_Problem details_: When the line with "let inner = line.inner.size as usize + 1;" appears below, start repeating lines exactly, and keep going through the line with "4096) × (length"; add nothing outside that span.

=== Records supplied ===

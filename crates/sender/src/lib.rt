// The second pass over a layer of the table, in place: what the rates of a line with two buckets offer to the levels before.
// It knows neither sizes nor distortions.

#![tactic(auto)]

ghost use Rattle.std.specs.Prelude.{◌≡◌, ◌+◌, ◌-◌, ◌*◌, ◌<◌, ◌≤◌, min, length, get_or, take, drop};
ghost use Rattle.model.specs.Table.{sizes, span, layer_words, state_at, word_in};
ghost use Rattle.planning.specs.Passes.{least_below, arrived, word_if};
ghost use Rattle.sender.specs.Answers.{line_is, LineFits};
ghost use Rattle.block.specs.Blocks.{Lessened, Lowered, LeastOf, Made};
ghost use Rattle.sender.specs.Rates.{BlocksMade, level_read, rate_read, column_read};
ghost use Rattle.sender.specs.Swaps.{swapped, LevelsSwapped};

use block::NONE;

// A leaky bucket: its size, and what it drains in an interval.
#[derive(Clone, Copy, Debug, PartialEq, Eq)]
pub struct Bucket {
    pub size: u16,
    pub drain: u16,
}

// What receiver and carrier fix. A line with one bucket has it as the inner one; its outer one is of size 0 and drains every rate, so that it is always empty.
#[derive(Clone, Copy, Debug, PartialEq, Eq)]
pub struct Line {
    pub decoder: u16,
    pub outer: Bucket,
    pub inner: Bucket,
    pub count: u16,
    pub rates: [u16; 16],
}

// How many words a decoder level has in a layer: one for each pair of bucket levels.
pub fn row_words(line: Line) -> usize
    ensures { result ≡ span (sizes (line_is line)) }
{
    (line.outer.size as usize + 1) * (line.inner.size as usize + 1)
}

// How many words a layer has.
pub fn layer_words(line: Line) -> usize
    ensures { result ≡ layer_words (line_is line) }
{
    (line.decoder as usize + 1) * row_words(line)
}

// A block is the words of one decoder level and one level of the outer bucket. It is made from blocks of its decoder level at its outer level or below, and from blocks of higher decoder levels: so the decoder levels are gone through upwards, and the outer levels downwards.

// Lessens the words from a place on to other words.
fn lessen(block: &mut [u32; 256], from: usize, words: &[u32])
    requires { (length block.old ≡ 256) × (length words.now ≤ 256 - from) }
    ensures { Lessened from (length words.now) (λ i. get_or words.now i 0) block.old block.new }
{
    // kept as an index loop: nothing is proved of what is written through a zip with iter_mut
    let count = words.len();
    for i in 0..count {
        let at = from + i;
        block[at] = words[i].min(block[at]);
    }
}

// Lessens the first words to one word.
fn lessen_first(block: &mut [u32; 256], count: usize, word: u32)
    requires { (length block.old ≡ 256) × (count ≤ 256) }
    ensures { Lessened 0 count (λ i. word) block.old block.new }
{
    for lessened in block[..count].iter_mut() {
        *lessened = word.min(*lessened);
    }
}

// One rate more, with the words that the inner bucket's levels lead into. Where the bucket drains more than is sent, its lowest levels all lead to 0; the others move by the difference.
fn with_levels(block: &mut [u32; 256], words: &[u32], drain: usize, sent: usize)
    requires { (length block.old ≡ 256) × (0 < length words.now) × (length words.now ≤ 256) }
    ensures { Lowered (length words.now) (λ i. level_read drain words.now i sent) block.old block.new }
{
    let width = words.len();
    let low = drain.saturating_sub(sent);
    let high = sent.saturating_sub(drain);
    let lowest = words[0];
    lessen_first(block, low.min(width), lowest);
    let from = high.min(width);
    let end = from + width.saturating_sub(low + high);
    lessen(block, low, &words[from..end]);
}

// One rate more, for a level of the outer bucket in the first of the rows.
fn with_rate(
    block: &mut [u32; 256],
    rest: &[u32],
    outer: Bucket,
    inner: Bucket,
    rows: usize,
    level: usize,
    rate: u16,
)
    requires { (length block.old ≡ 256) × (inner.size ≤ 255) × (level ≤ 255) × (rows * ((outer.size + 1) * (inner.size + 1)) ≤ length rest.now) }
    ensures { Lowered (inner.size + 1) (λ i. rate_read outer inner rows rest.now level i rate) block.old block.new }
{
    let sent = rate as usize;
    if rows <= sent {
        return;
    }
    let levels = outer.size as usize + 1;
    let to = (level + sent).saturating_sub(outer.drain as usize);
    if levels <= to {
        return;
    }
    let width = inner.size as usize + 1;
    let start = (sent * levels + to) * width;
    let end = start + width;
    with_levels(block, &rest[start..end], inner.drain as usize, sent);
}

// The words of a level of the outer bucket in the first of the rows.
fn sent_block(block: &mut [u32; 256], rest: &[u32], line: Line, rows: usize, level: usize)
    requires { (length block.old ≡ 256) × LineFits line × (level ≤ 255) × (rows * ((line.outer.size + 1) * (line.inner.size + 1)) ≤ length rest.now) }
    ensures { LeastOf (line.inner.size + 1) line.count (λ i y. rate_read line.outer line.inner rows rest.now level i (get_or line.rates y 0)) block.new }
{
    let count = line.count as usize;
    let width = line.inner.size as usize + 1;
    block::clear_words(block, width, NONE);
    for rate in &line.rates[..count] {
        with_rate(block, rest, line.outer, line.inner, rows, level, *rate);
    }
}

// The first of the rows.
fn send_row(part: &mut [u32], block: &mut [u32; 256], line: Line, start: usize, rows: usize)
    requires { (length block.old ≡ 256) × LineFits line × (0 < rows) × (start + rows * ((line.outer.size + 1) * (line.inner.size + 1)) ≤ length part.old) }
    ensures { (length block.new ≡ 256) × BlocksMade start 0 (line.outer.size + 1) (line.inner.size + 1) (λ k j. least_below line.count (λ y. rate_read line.outer line.inner rows (drop start part.old) k j (get_or line.rates y 0))) part.old part.new }
{
    let width = line.inner.size as usize + 1;
    let levels = line.outer.size as usize + 1;
    for level in (0..levels).rev() {
        sent_block(block, &part[start..], line, rows, level);
        let at = start + level * width;
        block::put_words(part, at, block, width);
    }
}

// All rows, from the lowest decoder level on.
fn send_rows(part: &mut [u32], line: Line)
    requires { LineFits line × (layer_words (line_is line) ≤ length part.old) }
    ensures { Made 0 (layer_words (line_is line)) (λ i. least_below (length (line_is line).rates) (λ y. word_if (word_in (line_is line) (take (layer_words (line_is line)) part.old)) (arrived (line_is line) (state_at (line_is line) i) (get_or (line_is line).rates y 0)))) part.old part.new }
{
    let width = row_words(line);
    let height = line.decoder as usize + 1;
    let mut block = [NONE; 256];
    for level in 0..height {
        let start = level * width;
        send_row(part, &mut block, line, start, height - level);
    }
}

// Where both buckets are of size 0, a row is one word and the layer one block: what is sent must all drain, and the decoder's levels move by it.

// One rate more, for all decoder levels.
fn with_sent(block: &mut [u32; 256], words: &[u32], drain: usize, sent: usize)
    requires { (length block.old ≡ 256) × (0 < length words.now) × (length words.now ≤ 256) }
    ensures { Lowered (length words.now) (λ i. column_read drain words.now i sent) block.old block.new }
{
    if drain < sent {
        return;
    }
    with_levels(block, words, 0, sent);
}

// The words of all decoder levels.
fn sent_column(block: &mut [u32; 256], words: &[u32], line: Line)
    requires { (length block.old ≡ 256) × LineFits line × (0 < length words.now) × (length words.now ≤ 256) }
    ensures { LeastOf (length words.now) line.count (λ i y. column_read (min line.outer.drain line.inner.drain) words.now i (get_or line.rates y 0)) block.new }
{
    let count = line.count as usize;
    let drain = line.outer.drain.min(line.inner.drain) as usize;
    block::clear_words(block, words.len(), NONE);
    for rate in &line.rates[..count] {
        let sent = *rate as usize;
        with_sent(block, words, drain, sent);
    }
}

// The whole pass for such a line.
fn send_column(part: &mut [u32], line: Line)
    requires { LineFits line × (span (sizes (line_is line)) ≡ 1) × (layer_words (line_is line) ≤ length part.old) }
    ensures { Made 0 (layer_words (line_is line)) (λ i. least_below (length (line_is line).rates) (λ y. word_if (word_in (line_is line) (take (layer_words (line_is line)) part.old)) (arrived (line_is line) (state_at (line_is line) i) (get_or (line_is line).rates y 0)))) part.old part.new }
{
    let height = line.decoder as usize + 1;
    let mut block = [NONE; 256];
    sent_column(&mut block, &part[..height], line);
    let start = 0;
    block::put_words(part, start, &block, height);
}

// What is done once a block and a rate weighs less, the longer the blocks are. Both buckets follow one rule: so where the outer one has many more levels, the two change places for the pass, and the words of each decoder level with them.

// How many words a decoder level has at most where they change places.
const SWAPPED: usize = 4096;

// The line with its buckets in each other's place.
fn swapped_line(line: Line) -> Line
    ensures { result ≡ swapped line }
{
    let outer = line.inner;
    let inner = line.outer;
    let rates = line.rates;
    Line {
        decoder: line.decoder,
        outer,
        inner,
        count: line.count,
        rates,
    }
}

// Whether that pays: swapping takes as long for few rates as for many, and each rate saves something with each block; in a layer of a few words, clearing the array that they are kept in takes longer than all else. Measured: what the words are does not depend on it.
fn swapping_pays(line: Line) -> bool {
    let outer = line.outer.size as usize + 1;
    let inner = line.inner.size as usize + 1;
    4 * inner <= outer && 64 <= layer_words(line) && 4 <= line.count
}

// Copies words to the first places.
fn keep_words(kept: &mut [u32; 4096], words: &[u32])
    requires { (length kept.old ≡ 4096) × (length words.now ≤ 4096) }
    ensures { Made 0 (length words.now) (λ i. get_or words.now i 0) kept.old kept.new }
{
    kept[..words.len()].copy_from_slice(words);
}

// Writes every `step`-th of the words that are kept, from `first` on.
fn put_column(
    part: &mut [u32],
    start: usize,
    kept: &[u32; 4096],
    first: usize,
    step: usize,
    count: usize,
)
    requires { (length kept.now ≡ 4096) × (first < step) × (count * step ≤ 4096) × (start + count ≤ length part.old) }
    ensures { Made start (start + count) (λ i. get_or kept.now (first + (i - start) * step) 0) part.old part.new }
{
    // kept as an index loop: nothing is proved of what is written through a zip with iter_mut
    for i in 0..count {
        let at = start + i;
        let from = first + i * step;
        part[at] = kept[from];
    }
}

// Swaps the words of one decoder level: `levels` blocks of `width` words become `width` blocks of `levels` words.
fn swap_row(part: &mut [u32], kept: &mut [u32; 4096], start: usize, levels: usize, width: usize)
    requires { (length kept.old ≡ 4096) × (levels * width ≤ 4096) × (start + levels * width ≤ length part.old) }
    ensures { (length kept.new ≡ 4096) × BlocksMade start 0 width levels (λ j k. get_or part.old (start + (k * width + j)) 0) part.old part.new }
{
    let end = start + levels * width;
    keep_words(kept, &part[start..end]);
    for level in (0..width).rev() {
        let at = start + level * levels;
        put_column(part, at, kept, level, width, levels);
    }
}

// Swaps the words of all decoder levels.
fn swap_rows(part: &mut [u32], kept: &mut [u32; 4096], line: Line)
    requires { (length kept.old ≡ 4096) × LineFits line × (span (sizes (line_is line)) ≤ 4096) × (layer_words (line_is line) ≤ length part.old) }
    ensures { (length kept.new ≡ 4096) × LevelsSwapped (line.decoder + 1) (line.outer.size + 1) (line.inner.size + 1) part.old part.new }
{
    let levels = line.outer.size as usize + 1;
    let width = line.inner.size as usize + 1;
    let height = line.decoder as usize + 1;
    let size = levels * width;
    for level in 0..height {
        let start = level * size;
        swap_row(part, kept, start, levels, width);
    }
}

// The whole pass, with the buckets in each other's place.
fn send_swapped(part: &mut [u32], line: Line)
    requires { LineFits line × (span (sizes (line_is line)) ≤ 4096) × (layer_words (line_is line) ≤ length part.old) }
    ensures { Made 0 (layer_words (line_is line)) (λ i. least_below (length (line_is line).rates) (λ y. word_if (word_in (line_is line) (take (layer_words (line_is line)) part.old)) (arrived (line_is line) (state_at (line_is line) i) (get_or (line_is line).rates y 0)))) part.old part.new }
{
    let mut kept = [NONE; 4096];
    let other = swapped_line(line);
    swap_rows(part, &mut kept, line);
    send_rows(part, other);
    swap_rows(part, &mut kept, other);
}

// The whole pass, in the layer's place.
pub fn send_layer(part: &mut [u32], line: Line)
    requires { LineFits line × (layer_words (line_is line) ≤ length part.old) }
    ensures { Made 0 (layer_words (line_is line)) (λ i. least_below (length (line_is line).rates) (λ y. word_if (word_in (line_is line) (take (layer_words (line_is line)) part.old)) (arrived (line_is line) (state_at (line_is line) i) (get_or (line_is line).rates y 0)))) part.old part.new }
{
    let width = row_words(line);
    if width == 1 {
        send_column(part, line);
    } else if width <= SWAPPED && swapping_pays(line) {
        send_swapped(part, line);
    } else {
        send_rows(part, line);
    }
}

===

_Expected output_:
    let inner = line.inner.size as usize + 1;
    4 * inner <= outer && 64 <= layer_words(line) && 4 <= line.count
}

// Copies words to the first places.
fn keep_words(kept: &mut [u32; 4096], words: &[u32])
    requires { (length kept.old ≡ 4096) × (length words.now ≤ 4096) }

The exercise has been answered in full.